Your task: Across the records, how many lines contain "usize"? Answer with the number alone.

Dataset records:

■ ■ ■ ■ ■

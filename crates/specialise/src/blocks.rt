//! What is left of blocks.
ghost use Rattle.std.specs.Prelude.{◌≡◌, ◌+◌, ◌<◌, ◌^◌, ◌++◌, IfOk, OnOk, length};
ghost use Rattle.std.specs.List.{filter_map};
ghost use Rattle.ir_syntax.specs.Definite.{has_result};
ghost use Rattle.ir_syntax.specs.Results.{result_type, block_results};
ghost use Rattle.fold_facts.specs.OfFunction.{results_in};
ghost use Rattle.specialise.specs.Residual.{left_inst as inst_left, left_insts as insts_left, left_block as block_left, left_blocks as blocks_left, stays as stays_in};
ghost use Rattle.specialise.specs.Mirrors.Shown.{shown};

use crate::left::Left;
use crate::phis::left_phis;
use crate::terminators::left_term;
use interface::result_count;
use ir_syntax::{Block, Inst};
use ir_types::{List, OutOfMemory};
use std::alloc::Global;

/// How many results an instruction has: one or none.
fn results_of(inst: &Inst) -> usize
    ensures { result ≡ has_result (result_type inst.now) }
{
    match inst.result_type() {
        Some(_) => 1,
        None => 0,
    }
}

/// Whether the instruction stays, whose result, if it has one, has the number.
fn stays(left: &Left<'_>, number: usize, inst: &Inst) -> bool
    ensures { result ≡ stays_in (shown left.now) number (result_type inst.now) }
{
    match inst.result_type() {
        Some(_) => left.kept.is_chosen(number),
        None => true,
    }
}

/// Adds what is left of an instruction, whose result, if it has one, has the number.
fn add_inst(
    alloc: Global,
    made: &mut List<Inst>,
    left: &Left<'_>,
    number: usize,
    inst: &Inst,
) -> Result<(), OutOfMemory>
    ensures { OnOk result (made.new ≡ made.old ++ inst_left (shown left.now) number inst.now) }
{
    if stays(left, number, inst) {
        made.push(inst.mapped(alloc, left)?)?;
    }
    Ok(())
}

/// The instructions that stay, where the results have the numbers from `first` on.
fn left_insts(
    alloc: Global,
    left: &Left<'_>,
    first: usize,
    insts: &[Inst],
) -> Result<List<Inst>, OutOfMemory>
    requires few { first + length (filter_map result_type insts.now) < 2 ^ 64 }
    ensures { IfOk result (λ made. made ≡ insts_left (shown left.now) first insts.now) }
{
    let mut made = List::new(alloc);
    let mut number = first;
    for inst in insts {
        add_inst(alloc, &mut made, left, number, inst)?;
        number += results_of(inst);
    }
    Ok(made)
}

/// Adds what is left of the block at a place, whose results have the numbers from `first` on.
fn add_block(
    alloc: Global,
    made: &mut List<Block>,
    left: &Left<'_>,
    place: usize,
    first: usize,
    block: &Block,
) -> Result<(), OutOfMemory>
    requires few { first + length (block_results block.now) < 2 ^ 64 }
    ensures { OnOk result (made.new ≡ made.old ++ block_left (shown left.now) place first block.now) }
{
    if left.reached.is_chosen(place) {
        let phis = left_phis(alloc, left, place, first, block.phis.as_slice())?;
        let behind = first + block.phis.len();
        let insts = left_insts(alloc, left, behind, block.insts.as_slice())?;
        let term = left_term(alloc, left, &block.term)?;
        made.push(Block { phis, insts, term })?;
    }
    Ok(())
}

/// What is left of the reached blocks.
pub(crate) fn left_blocks(
    alloc: Global,
    left: &Left<'_>,
    blocks: &[Block],
) -> Result<List<Block>, OutOfMemory>
    requires few { length (results_in blocks.now) < 2 ^ 64 }
    ensures { IfOk result (λ made. made ≡ blocks_left (shown left.now) 0 0 blocks.now) }
{
    let mut made = List::new(alloc);
    let mut first = 0;
    for (place, block) in blocks.iter().enumerate() {
        add_block(alloc, &mut made, left, place, first, block)?;
        first += result_count(block);
    }
    Ok(made)
}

■ ■ ■ ■ ■

Finished exercise: 6